> [RECORDS PROVIDED]
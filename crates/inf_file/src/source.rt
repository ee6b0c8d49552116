//! What the lines of an INF file are read by.

use crate::strings::Strings;
use inf_text::Inf;
use std::alloc::Global;

/// The sections and the strings of an INF file, and the allocator of what is read from them.
#[derive(Clone, Copy)]
pub struct Source<'a> {
    pub inf: &'a Inf,
    pub strings: &'a Strings,
    pub alloc: Global,
}
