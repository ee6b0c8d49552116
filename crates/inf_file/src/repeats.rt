//! Sections that are read more than once.

ghost use Rattle.std.specs.Prelude.{◌≡◌, map, [], reverse, ◌++◌, IfOk, OnOk};
ghost use Rattle.std.specs.List.{cons_option};
ghost use Rattle.inf_file.specs.Parameters.{lines_of_all};
ghost use Rattle.inf_file.specs.Repeats.{once, thinned};

use crate::lines::lines_of_all;
use crate::source::Source;
use indexmap::IndexSet;
use inf_text::Line;
use nd_base::OutOfMemory;
use std::alloc::Global;

/// Puts a place behind the last one, if there is one.
pub fn push_place(places: &mut Vec<usize>, place: Option<usize>) -> Result<(), OutOfMemory>
    ensures { OnOk result (places.new.items ≡ places.old.items ++ cons_option place []) }
{
    match place {
        Some(place) => {
            places.push(place)?;
            Ok(())
        }
        None => Ok(()),
    }
}

/// Each place once, where it stands first.
fn once_set(alloc: Global, places: &[usize]) -> Result<IndexSet<usize>, OutOfMemory>
    ensures { IfOk result (λ s. s.keys ≡ once places.now) }
{
    let mut seen = IndexSet::new(alloc);
    for place in places {
        seen.insert(*place)?;
    }
    Ok(seen)
}

/// The same in a row.
fn once(alloc: Global, places: &[usize]) -> Result<Vec<usize>, OutOfMemory>
    ensures { IfOk result (λ v. v.items ≡ once places.now) }
{
    let seen = once_set(alloc, places)?;
    let mut found = Vec::new(alloc);
    for place in seen {
        found.push(place)?;
    }
    Ok(found)
}

/// Each place once, where it stands last.
fn once_last(alloc: Global, places: &[usize]) -> Result<Vec<usize>, OutOfMemory>
    ensures { IfOk result (λ v. v.items ≡ reverse (once (reverse places.now))) }
{
    let mut back = Vec::from_slice(alloc, places)?;
    back.reverse();
    let mut found = once(alloc, back.as_slice())?;
    found.reverse();
    Ok(found)
}

/// The places, and where some come again each as it stands first, and behind them each as it stands
/// last: what is read between says nothing new.
fn thinned(alloc: Global, places: &[usize]) -> Result<Vec<usize>, OutOfMemory>
    ensures { IfOk result (λ v. v.items ≡ thinned places.now) }
{
    let mut found = once(alloc, places)?;
    if found.len() == places.len() {
        found.clear();
        found.extend_from_slice(places)?;
    } else {
        let last = once_last(alloc, places)?;
        found.extend_from_slice(last.as_slice())?;
    }
    Ok(found)
}

/// The lines of the sections at these places, without those that say nothing new.
pub fn lines_thinned<'a>(
    source: &Source<'a>,
    places: &[usize],
) -> Result<Vec<&'a Line>, OutOfMemory>
    ensures { IfOk result (λ v. map (λ l. l.now) v.items ≡ lines_of_all source.now.inf.now (thinned places.now)) }
{
    let places = thinned(source.alloc, places)?;
    lines_of_all(source, places.as_slice())
}
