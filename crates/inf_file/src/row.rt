//! The rows of add-registry sections.

ghost use Rattle.std.specs.Prelude.{◌≡◌, take, drop, IfOk};
ghost use Rattle.inf_file.specs.Keyed.{string_in};
ghost use Rattle.inf_text.specs.Names.{is_same};
ghost use Rattle.inf_file.specs.Numbers.{number_of};
ghost use Rattle.inf_file.specs.Rows.{is_zero, params_key, driver_key_row, default_row, row, saying};

use crate::numbers::number_of;
use crate::param::{Param, ParamValue};
use crate::source::Source;
use inf_text::{Line, is_word};
use nd_base::{OutOfMemory, Wide};
use std::alloc::Global;

/// What a row says of the parameters.
#[derive(Debug, Drop)]
pub enum Saying {
    Nothing,
    /// A parameter has a value.
    Sets(Param),
    /// A parameter has a value where no row sets it.
    Defaults(Param),
    /// The value is to be a number and is none.
    Bad,
}

/// The flags of a number, FLG_ADDREG_TYPE_DWORD.
const NUMBER: u32 = 0x0001_0001;

/// The length of `Ndi\params\`.
const PARAMS_KEY_LEN: usize = 11;

/// A row of the driver's own key.
#[tactic(auto, unfolding(crate::specs::Rows::driver_key_row))]
fn driver_key_row(name: Wide, flags: &[u16], value: Wide) -> Saying
    ensures { result ≡ driver_key_row name flags.now value }
{
    if flags.is_empty() {
        return Saying::Sets(Param {
            name,
            value: ParamValue::Text(value),
        });
    }
    match number_of(flags) {
        Some(0) => Saying::Sets(Param {
            name,
            value: ParamValue::Text(value),
        }),
        Some(NUMBER) => match number_of(value.as_slice()) {
            Some(number) => Saying::Sets(Param {
                name,
                value: ParamValue::Number(number),
            }),
            None => Saying::Bad,
        },
        _ => Saying::Nothing,
    }
}

/// Whether flags are the number 0.
fn is_zero(flags: &[u16]) -> bool
    ensures { result ≡ is_zero (number_of flags.now) }
{
    match number_of(flags) {
        Some(number) => number == 0,
        None => false,
    }
}

/// Whether a subkey begins with `Ndi\params\`.
fn is_params_key(subkey: &[u16]) -> bool
    ensures { result ≡ is_same params_key (take 11 subkey.now) }
{
    is_word(
        &subkey[..subkey.len().min(PARAMS_KEY_LEN)],
        b"Ndi\\params\\",
    )
}

/// The name of a parameter, behind `Ndi\params\`.
fn behind_key(subkey: &[u16]) -> &[u16]
    ensures { result.now ≡ drop 11 subkey.now }
{
    &subkey[subkey.len().min(PARAMS_KEY_LEN)..]
}

/// A row of a parameter's key.
#[tactic(auto, unfolding(crate::specs::Rows::default_row))]
fn default_row(
    alloc: Global,
    subkey: &[u16],
    name: &[u16],
    flags: &[u16],
    value: Wide,
) -> Result<Saying, OutOfMemory>
    ensures { IfOk result (λ s. s ≡ default_row subkey.now name.now flags.now value) }
{
    if is_params_key(subkey) && is_word(name, b"default") && is_zero(flags) {
        let name = Wide::copy(alloc, behind_key(subkey))?;
        return Ok(Saying::Defaults(Param {
            name,
            value: ParamValue::Text(value),
        }));
    }
    Ok(Saying::Nothing)
}

/// What a row says.
fn row(
    alloc: Global,
    root: &[u16],
    subkey: &[u16],
    name: Wide,
    flags: &[u16],
    value: Wide,
) -> Result<Saying, OutOfMemory>
    ensures { IfOk result (λ s. s ≡ row root.now subkey.now name flags.now value) }
{
    if !is_word(root, b"HKR") {
        return Ok(Saying::Nothing);
    }
    if subkey.is_empty() {
        Ok(driver_key_row(name, flags, value))
    } else {
        default_row(alloc, subkey, name.as_slice(), flags, value)
    }
}

/// What a line says of the parameters.
#[tactic(auto, unfolding(crate::specs::Rows::saying))]
pub fn read_row(source: &Source, line: &Line) -> Result<Saying, OutOfMemory>
    ensures { IfOk result (λ s. s ≡ saying (string_in source.now.strings.now) line.now) }
{
    let root = source.strings.value(source.alloc, line, 0)?;
    let subkey = source.strings.value(source.alloc, line, 1)?;
    let name = source.strings.value(source.alloc, line, 2)?;
    let flags = source.strings.value(source.alloc, line, 3)?;
    let value = source.strings.value(source.alloc, line, 4)?;
    row(
        source.alloc,
        root.as_slice(),
        subkey.as_slice(),
        name,
        flags.as_slice(),
        value,
    )
}
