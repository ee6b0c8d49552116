//! The rows that an install section leads to, and the first line that lacks a string.

ghost use Rattle.std.specs.Prelude.{◌≡◌, ◌++◌, [], map, IfOk, OnOk};
ghost use Rattle.std.specs.Option.{option_copied};
ghost use Rattle.inf_file.specs.Keyed.{string_in};
ghost use Rattle.inf_text.specs.Sections.{place_named};
ghost use Rattle.inf_file.specs.Strings.{replaced, line_lacks};
ghost use Rattle.inf_file.specs.Earliest.{earliest};
ghost use Rattle.inf_file.specs.Repeats.{thinned};
ghost use Rattle.inf_file.specs.Parameters.{named_places, reg_places, lines_of_all};

use crate::lines::earlier_if;
use crate::repeats::{lines_thinned, push_place};
use crate::source::Source;
use inf_text::{Line, Name};
use nd_base::{OutOfMemory, Wide};
use std::alloc::Global;

/// The place of the section that a value names.
fn named_place(source: &Source, value: &Wide) -> Result<Option<usize>, OutOfMemory>
    ensures { IfOk result (λ place. place ≡ place_named (replaced (string_in source.now.strings.now) value.now) source.now.inf.now) }
{
    let name = source.strings.replaced(source.alloc, value.as_slice())?;
    Ok(source.inf.place(&Name::new(name)))
}

/// Puts the places of the sections that values name behind the last one.
#[tactic(auto, using(crate::proofs::ListLemmas::nothing_behind), unfolding(crate::specs::Parameters::named_places))]
fn add_places(source: &Source, places: &mut Vec<usize>, values: &[Wide]) -> Result<(), OutOfMemory>
    ensures { OnOk result (places.new.items ≡ places.old.items ++ named_places (string_in source.now.strings.now) source.now.inf.now values.now) }
{
    for value in values {
        let place = named_place(source, value)?;
        push_place(places, place)?;
    }
    Ok(())
}

/// The places of the add-registry sections that directives name, in order.
#[tactic(auto, unfolding(crate::specs::Parameters::named_places))]
fn reg_places(source: &Source, directives: &[&Line]) -> Result<Vec<usize>, OutOfMemory>
    ensures { IfOk result (λ v. v.items ≡ reg_places (string_in source.now.strings.now) source.now.inf.now (map (λ l. l.now) directives.now)) }
{
    let mut places = Vec::new(source.alloc);
    for directive in directives {
        add_places(source, &mut places, directive.values())?;
    }
    Ok(places)
}

/// The rows of the sections that directives name, without those that say nothing new.
pub fn rows_named<'a>(
    source: &Source<'a>,
    directives: &[&Line],
) -> Result<Vec<&'a Line>, OutOfMemory>
    ensures { IfOk result (λ v. map (λ l. l.now) v.items ≡ lines_of_all source.now.inf.now (thinned (reg_places (string_in source.now.strings.now) source.now.inf.now (map (λ l. l.now) directives.now)))) }
{
    let places = reg_places(source, directives)?;
    lines_thinned(source, places.as_slice())
}

/// The first line of the file among those that lack a string.
#[tactic(auto, unfolding(crate::specs::Earliest::earliest))]
pub fn first_lacking<'a>(
    source: &Source,
    lines: &[&'a Line],
) -> Result<Option<&'a Line>, OutOfMemory>
    ensures { IfOk result (λ l. option_copied l ≡ earliest (line_lacks (string_in source.now.strings.now)) (map (λ l. l.now) lines.now)) }
{
    let mut best: Option<&Line> = None;
    for line in lines {
        best = earlier_if(source.strings.line_lacks(source.alloc, line)?, best, line);
    }
    Ok(best)
}
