//! The parameters that an INF file gives a hardware id (Windows Driver Kit, "INF File Sections and
//! Directives").
#![tactic(auto)]

mod answer;
mod gathered;
mod in_place;
mod laws;
mod lines;
mod models;
mod numbers;
mod param;
mod reading;
mod repeats;
mod row;
mod source;
mod strings;

pub use answer::parameters;
pub use laws::{
    each_name_comes_once, first_fault_is_named, first_model_is_taken, last_row_counts,
    strings_are_replaced,
};
pub use param::{Param, ParamRefusal, ParamValue};
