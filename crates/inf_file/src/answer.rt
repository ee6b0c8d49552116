//! The parameters of a hardware id.

ghost use Rattle.std.specs.Prelude.{codes, ◌≡◌, true, is_some, map};
ghost use Rattle.inf_file.specs.Keyed.{string_in};
ghost use Rattle.inf_text.specs.Sections.{lines_named};
ghost use Rattle.inf_file.specs.Models.{is_signed};
ghost use Rattle.inf_file.specs.Parameters.{strings_in, model_in, install_of, answer, lines_read, of_rows, of_directives, parameters_of};
ghost use Rattle.nd_base.specs.Results.{Gives};

use crate::gathered::params_of;
use crate::in_place::refusal_in_place;
use crate::lines::{directives_of, lines_read};
use crate::models::{install_place, is_signed, model_of};
use crate::param::{Param, ParamRefusal};
use crate::reading::{first_lacking, rows_named};
use crate::source::Source;
use crate::strings::Strings;
use inf_text::{Inf, Line};
use std::alloc::Global;

/// The parameters that rows give, or the first line that is wrong among those that are read.
fn of_rows(
    source: &Source,
    makers: &[Line],
    model: &Line,
    directives: &[&Line],
    rows: &[&Line],
) -> Result<Vec<Param>, ParamRefusal>
    ensures { Gives ParamRefusal.OutOfMemory (λ v. v.items) result (of_rows (string_in source.now.strings.now) (lines_read makers.now model.now (map (λ l. l.now) directives.now) (map (λ l. l.now) rows.now)) (map (λ l. l.now) rows.now)) }
{
    let read = lines_read(source.alloc, makers, model, directives, rows)?;
    match first_lacking(source, read.as_slice())? {
        Some(line) => Err(ParamRefusal::NoString(line.number())),
        None => params_of(source, rows),
    }
}

/// The same, where the rows are those of directives.
fn of_directives(
    source: &Source,
    makers: &[Line],
    model: &Line,
    directives: &[&Line],
) -> Result<Vec<Param>, ParamRefusal>
    ensures { Gives ParamRefusal.OutOfMemory (λ v. v.items) result (of_directives (string_in source.now.strings.now) source.now.inf.now makers.now model.now (map (λ l. l.now) directives.now)) }
{
    let rows = rows_named(source, directives)?;
    of_rows(source, makers, model, directives, rows.as_slice())
}

/// The parameters of a hardware id, where the signature is good.
fn searched(inf: &Inf, alloc: Global, hardware_id: &[u16]) -> Result<Vec<Param>, ParamRefusal>
    ensures { Gives ParamRefusal.OutOfMemory (λ v. v.items) result (answer inf.now (model_in inf.now hardware_id.now) (install_of inf.now hardware_id.now)) }
{
    let strings = Strings::of(alloc, inf.lines_named(b"Strings"))?;
    let source = Source {
        inf,
        strings: &strings,
        alloc,
    };
    let makers = inf.lines_named(b"Manufacturer");
    let Some(model) = model_of(&source, makers, hardware_id)? else {
        return Err(ParamRefusal::NoModel);
    };
    let Some(install) = install_place(&source, model)? else {
        return Err(ParamRefusal::NoInstall);
    };
    let directives = directives_of(alloc, inf.lines_at(install))?;
    of_directives(&source, makers, model, directives.as_slice())
}

/// The parameters that an INF file gives a hardware id, in the order of their first rows, with the
/// defaults of those that no row sets behind them.
#[tactic(auto, unfolding(crate::specs::Parameters::parameters_of))]
pub fn parameters(inf: &Inf, alloc: Global, hardware_id: &[u16]) -> Result<Vec<Param>, ParamRefusal>
    ensures value { Gives ParamRefusal.OutOfMemory (λ v. v.items) result (parameters_of inf.now hardware_id.now) }
    // A file without a signature of Windows, one without a model of the hardware id and one without
    // its install section are refused as that, whatever memory there is.
    ensures memory { result ≡ Err ParamRefusal.OutOfMemory → (is_signed (lines_named (codes "Version") inf.now) ≡ true) × (is_some (install_of inf.now hardware_id.now) ≡ true) }
{
    if !is_signed(inf.lines_named(b"Version")) {
        return Err(ParamRefusal::NoVersion);
    }
    match searched(inf, alloc, hardware_id) {
        Err(ParamRefusal::OutOfMemory) => Err(refusal_in_place(inf, hardware_id)),
        answer => answer,
    }
}
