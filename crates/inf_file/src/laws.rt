//! What holds of the parameters that a file gives, whatever order its checks have.

ghost use Rattle.std.specs.Prelude.{ℕ, List, Ok, Err, ◌≡◌, ◌++◌, ◌∷◌, map, reverse};
ghost use Rattle.std.specs.Option.{option_map, option_or};
ghost use Rattle.std.specs.List.{find, IsDistinct};
ghost use Rattle.inf_text.specs.Names.{is_same};
ghost use Rattle.inf_text.specs.Sections.{Line as InfLine, Section as InfSection, has_key, value_at};
ghost use Rattle.inf_file.specs.Strings.{Strings, HasNoPercent, meaning, replaced, strings_of};
ghost use Rattle.inf_file.specs.Parameters.{model_in, parameters_of};
ghost use Rattle.inf_file.specs.ByName.{models_in, lists_id, set_by_rows, defaults_by_rows, names, each_once, value_of, LacksNone, FirstLacking, BadNone, FirstBad};
ghost use Rattle.inf_file.specs.Earliest.{IsFirst};
ghost use Rattle.inf_file.specs.declared.param.Param.{Param as Parameter};
ghost use Rattle.inf_file.specs.declared.param.ParamRefusal.TheVariants.{NoString, BadValue};

/// No two parameters have one name. Their names are those that rows set, in the order of their
/// first rows, and behind them those that have only defaults.
#[tactic(auto, using(crate::proofs::ParamLaws::names_differ, crate::proofs::ParamLaws::names_order))]
pub fn each_name_comes_once()
    ensures differ { (ss : List InfSection) (id : List ℕ) (params : List Parameter) → parameters_of ss id ≡ Ok params → IsDistinct is_same (names params) }
    ensures order { (ss : List InfSection) (id : List ℕ) (params : List Parameter) → parameters_of ss id ≡ Ok params → names params ≡ each_once (names (set_by_rows ss id ++ defaults_by_rows ss id)) }
{}

/// The value of a name is that of the last row that sets it; where no row does, it is the first
/// default; and where there is no default either, there is no such parameter.
#[tactic(auto, using(crate::proofs::ParamLaws::value_last))]
pub fn last_row_counts()
    ensures { (ss : List InfSection) (id : List ℕ) (params : List Parameter) (name : List ℕ) → parameters_of ss id ≡ Ok params → value_of name params ≡ option_or (value_of name (reverse (set_by_rows ss id))) (value_of name (defaults_by_rows ss id)) }
{}

/// A key between two percent signs is replaced by what it means, once and from the left; a text
/// without percent signs and a lone percent sign stand for themselves. The string of a key is the
/// first value of the first line that has the key.
#[tactic(auto, using(crate::proofs::StringLaws::plain_stays, crate::proofs::StringLaws::lone_stays, crate::proofs::StringLaws::key_replaced, crate::proofs::StringLaws::first_counts))]
pub fn strings_are_replaced()
    ensures plain { (s : Strings) (text : List ℕ) → HasNoPercent text → replaced s text ≡ text }
    ensures lone { (s : Strings) (plain rest : List ℕ) → HasNoPercent plain → HasNoPercent rest → replaced s (plain ++ 37 ∷ rest) ≡ plain ++ 37 ∷ rest }
    ensures key { (s : Strings) (plain key rest : List ℕ) → HasNoPercent plain → HasNoPercent key → replaced s (plain ++ 37 ∷ (key ++ 37 ∷ rest)) ≡ plain ++ (meaning s key ++ replaced s rest) }
    ensures first { (lines : List InfLine) (key : List ℕ) → strings_of lines key ≡ option_map (value_at 0) (find (has_key key) lines) }
{}

/// The model line of a hardware id lists it and is the first of the file that does; there is none
/// only where no model line lists the id.
#[tactic(auto, using(crate::proofs::AnswerLaws::earliest_is_first))]
pub fn first_model_is_taken()
    ensures { (ss : List InfSection) (id : List ℕ) → IsFirst (lists_id ss id) (models_in ss) (model_in ss id) }
{}

/// A refusal names the first line of the file that is at fault: of the lines that are read one that
/// lacks a string, and else a row whose number is none. Where parameters are given, none is.
#[tactic(auto, using(crate::proofs::AnswerLaws::no_string, crate::proofs::AnswerLaws::bad_value, crate::proofs::AnswerLaws::no_fault))]
pub fn first_fault_is_named()
    ensures no_string { (ss : List InfSection) (id : List ℕ) (n : ℕ) → parameters_of ss id ≡ Err (NoString n) → FirstLacking ss id n }
    ensures bad_value { (ss : List InfSection) (id : List ℕ) (n : ℕ) → parameters_of ss id ≡ Err (BadValue n) → LacksNone ss id × FirstBad ss id n }
    ensures none { (ss : List InfSection) (id : List ℕ) (params : List Parameter) → parameters_of ss id ≡ Ok params → LacksNone ss id × BadNone ss id }
{}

> [PROBLEM REQUIREMENTS] Reproduce only this range: the first line of the data above through the line with "back.reverse();", both included, exactly as written.

> [COMPLETED EXERCISE]
filename crates/inf_file/src/source.rt
repository ee6b0c8d49552116
//! What the lines of an INF file are read by.

use crate::strings::Strings;
use inf_text::Inf;
use std::alloc::Global;

/// The sections and the strings of an INF file, and the allocator of what is read from them.
#[derive(Clone, Copy)]
pub struct Source<'a> {
    pub inf: &'a Inf,
    pub strings: &'a Strings,
    pub alloc: Global,
}
repository ee6b0c8d49552116
filename crates/inf_file/src/repeats.rt
//! Sections that are read more than once.

ghost use Rattle.std.specs.Prelude.{◌≡◌, map, [], reverse, ◌++◌, IfOk, OnOk};
ghost use Rattle.std.specs.List.{cons_option};
ghost use Rattle.inf_file.specs.Parameters.{lines_of_all};
ghost use Rattle.inf_file.specs.Repeats.{once, thinned};

use crate::lines::lines_of_all;
use crate::source::Source;
use indexmap::IndexSet;
use inf_text::Line;
use nd_base::OutOfMemory;
use std::alloc::Global;

/// Puts a place behind the last one, if there is one.
pub fn push_place(places: &mut Vec<usize>, place: Option<usize>) -> Result<(), OutOfMemory>
    ensures { OnOk result (places.new.items ≡ places.old.items ++ cons_option place []) }
{
    match place {
        Some(place) => {
            places.push(place)?;
            Ok(())
        }
        None => Ok(()),
    }
}

/// Each place once, where it stands first.
fn once_set(alloc: Global, places: &[usize]) -> Result<IndexSet<usize>, OutOfMemory>
    ensures { IfOk result (λ s. s.keys ≡ once places.now) }
{
    let mut seen = IndexSet::new(alloc);
    for place in places {
        seen.insert(*place)?;
    }
    Ok(seen)
}

/// The same in a row.
fn once(alloc: Global, places: &[usize]) -> Result<Vec<usize>, OutOfMemory>
    ensures { IfOk result (λ v. v.items ≡ once places.now) }
{
    let seen = once_set(alloc, places)?;
    let mut found = Vec::new(alloc);
    for place in seen {
        found.push(place)?;
    }
    Ok(found)
}

/// Each place once, where it stands last.
fn once_last(alloc: Global, places: &[usize]) -> Result<Vec<usize>, OutOfMemory>
    ensures { IfOk result (λ v. v.items ≡ reverse (once (reverse places.now))) }
{
    let mut back = Vec::from_slice(alloc, places)?;
    back.reverse();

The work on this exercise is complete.